With milk, eggs, and meat you feed the sheaves directly to the animal with little to no further processing and let the animals provide you with edible food.


----------



## BasecampUSA (Dec 26, 2010)

SaskDame said:


> Historically, hand planted wheat was followed by *running a herd of animals across the planting to push the wheat berries (we call it seed) into the ground.* In dryland farming wheat is generally planted about 2 inches deep. About the same depth as the herd of animals would bury it.
> 
> Without the herd of animals (or some sort of mechanical seeder) to get it down into the ground, the amount of seed per acre would need to go way up and the crop will need more water and be more vulnerable to lodging (falling over) with wind.


Huh! -never heard of that one! Interesting. I dragged an old wire coil bedspring across the roughly disk-harrowed seedbed after broadcasting, and I'd say the germination was 95%.

If I had sheep, I would sow it out by hand and let my dog run them ragged over it and save on work  Great idea!

As it was, I had that flock of 36 wild turkeys in there all the time gobbling the seed up, so I finally tied the dog up in the middle to scare them off. 

I know a guy who made a threshing/winnowing machine out of a shredder-chipper...

Here is a similar type machine someone made:






Here's one made from a plastic barrel and an ceiling fan!






Looks a lot easeir than threshing and winnowing by hand, looks like I'll get busy this spring and build one!

- Basey


----------



## UncleJoe (Jan 11, 2009)

Now that's pretty slick!!! :2thumb: (The ceiling fan)


----------



## Servelan (Mar 21, 2010)

*Why buy more wheat?*

If you can't grow wheat, you do have to buy it, but if you look at recipes for gluten-free foods, you'll see that you can grow most, if not all, of the ingredients, whereas wheat doesn't grow everywhere.


----------



## Centraltn (Feb 21, 2011)

Additionally folks, we are working with 1/2 the agricultural acreages that we have in prrevious years, for many reasons.. one of which many have sold out in the san juaqin valley cause the govt, in all its wisdom allotted half their water supply to the cities in Cal, among others. Add to that that China's wheat belt is in the midst of the worst drought in history. Add to that the cost of fuel. There is definately a food shortage coming. We may not feel the harsher side of it for a couple years but in those two yrs, prices are going through the roof.


----------



## lotsoflead (Jul 25, 2010)

BasecampUSA said:


> Looks a lot easeir than threshing and winnowing by hand, looks like I'll get busy this spring and build one!
> 
> - Basey


 go one step further if you have the time and extra bucks, go to a salvage yard where there's farm machinery and get a couple small gear boxes like off a Papac chopper or self unloading wagon so you can gear it up to run off a used execise bike. It could be geared and pullied up so a kid could peddle it easy just in case there's no power at all for a long time. gas is nice when we have it and just watching the news, we could be cut off at any time.


----------



## LCT98 (Feb 22, 2011)

DH and I have been considering wheat and sorghum for the acres we have access to here in CT. I know we won't get anything until fall as we didn't find the seeds before the snow flew.

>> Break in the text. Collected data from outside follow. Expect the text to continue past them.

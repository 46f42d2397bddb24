ghost use Rattle.std.specs.Prelude.{◌≡◌, ◌++◌, ◌∷◌, [], drop, None, Ok, IfOk, OnOk};
ghost use Rattle.cp_link.specs.Modules.{said};
ghost use Rattle.cp_load.specs.Answers.{SpeakOfArguments};
ghost use Rattle.cp_load.specs.Assertions.{declared_in, AddsBy};
ghost use Rattle.cp_load.specs.Asserting.{why_by, IsWhy, AddsOne, KeepsRest};

use cp_assertion::{AssertionError, assertion_of};
use cp_code::{Assertion, Program};
use cp_declaration::Declaration;
use cp_link::said;
use cp_module::Why;
use cp_read::ReadClause;
use cp_term::{Cell, Cells, Name, Term};
use std::alloc::{AllocError, Global};

/// Adds the assertion of a module that stands in a clause, if one does, or tells what is refused in it.
pub(crate) fn add_assertion(
    alloc: Global,
    program: &mut Program,
    module: &Name,
    clause: &ReadClause,
) -> Result<Option<Why>, AllocError>
    ensures why { IfOk result (λ why. why ≡ why_by program.old «module».now clause.now (said clause.now)) }
    ensures added { result ≡ Ok None → AddsBy program.old «module».now clause.now (said clause.now) program.old.checks (λ more. program.new.checks ≡ more) }
    ensures rest { OnOk result (KeepsRest program.old program.new) }
    ensures arguments { OnOk result (SpeakOfArguments program.old.checks → SpeakOfArguments program.new.checks) }
{
    match said(alloc, clause)? {
        Some(Declaration::Assertion) => read_assertion(alloc, program, module, clause),
        _ => Ok(None),
    }
}

/// Adds the assertion in a clause `:- D`.
fn read_assertion(
    alloc: Global,
    program: &mut Program,
    module: &Name,
    clause: &ReadClause,
) -> Result<Option<Why>, AllocError>
    ensures why { IfOk result (IsWhy program.old «module».now clause.now) }
    ensures added { result ≡ Ok None → AddsOne program.old «module».now clause.now program.new.checks }
    ensures rest { OnOk result (KeepsRest program.old program.new) }
    ensures arguments { OnOk result (SpeakOfArguments program.old.checks → SpeakOfArguments program.new.checks) }
{
    let term = declared_in(alloc, clause)?;
    match assertion_of(alloc, &term, clause.line, module, program) {
        Ok(assertion) => {
            push_assertion(program, assertion)?;
            Ok(None)
        }
        Err(AssertionError::NotAssertion) => Ok(Some(Why::BadDeclaration)),
        Err(AssertionError::BadHead) => Ok(Some(Why::BadHead)),
        Err(AssertionError::BadProperty) => Ok(Some(Why::BadProperty)),
        Err(AssertionError::OnShared) => Ok(Some(Why::OnShared)),
        Err(AssertionError::NoMemory) => Err(AllocError),
    }
}

fn push_assertion(program: &mut Program, assertion: Assertion) -> Result<(), AllocError>
    ensures { OnOk result (program.new ≡ record program.old { checks = program.old.checks ++ assertion ∷ [] }) }
{
    program.checks.push(assertion)
}

/// The declaration D of a clause `:- D`.
fn declared_in(alloc: Global, clause: &ReadClause) -> Result<Term, AllocError>
    ensures { IfOk result (λ term. term ≡ declared_in clause.now) }
{
    let cells = copied(alloc, behind_first(clause.term.cells()))?;
    term_with(cells)
}

fn behind_first(cells: &[Cell]) -> &[Cell]
    ensures { result.now ≡ drop 1 cells.now }
{
    match cells {
        [_, rest @ ..] => rest,
        [] => cells,
    }
}

fn term_with(cells: Cells) -> Result<Term, AllocError>
    ensures { IfOk result (λ term. term ≡ cells) }
{
    match Term::from_cells(cells) {
        Ok(term) => Ok(term),
        Err(_) => Err(AllocError),
    }
}

fn copied(alloc: Global, cells: &[Cell]) -> Result<Cells, AllocError>
    ensures { IfOk result (λ copy. copy ≡ cells.now) }
{
    let mut copy = Cells::new(alloc);
    'cells: for cell in cells {
        copy.push(cell.clone()?)?;
    }
    Ok(copy)
}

Where do you folks recommend we look for bulk seeds for these two items? TIA


----------



## UncleJoe (Jan 11, 2009)

I got our wheat from a local feed and tack store. 50# sack for $10


----------



## lotsoflead (Jul 25, 2010)

LCT98 said:


> DH and I have been considering wheat and sorghum for the acres we have access to here in CT. I know we won't get anything until fall as we didn't find the seeds before the snow flew.
> 
> Where do you folks recommend we look for bulk seeds for these two items? TIA


 any farm store, you could even try a tractor supply store and see if they'll order you some.If you're near Litchfield, there's a Blue Seal Feed Store.
Blue Seal Litchfield, CT Store


----------



## Centraltn (Feb 21, 2011)

Did I miss the answer to how much wheat ya get from an acre?:dunno:


----------



## lotsoflead (Jul 25, 2010)

Centraltn said:


> Did I miss the answer to how much wheat ya get from an acre?:dunno:


 a lot of depends, water,land,weather, fertilizer. 35 bu to over a little over 100


----------



## lotsoflead (Jul 25, 2010)

Halfcrazy said:


> So many questions here. How much flour does an acre of wheat produce in Maine? Also do you work the land by hand or with a tractor? We have been wanting to try our hand at wheat here in Maine but havent taken the jump yet.


 your best bet is hire a farmer to plow and disk up an acrea the first yr before you tie up a lot of money.take a soil sample to your county agent and find out what the soil needs-lime how much fertlizer. you can sow the seeds) by hand. even harvest the wheat if you have the time,a good back and scythe. you should get about 60 pounds of flour in a bushel of wheat.


----------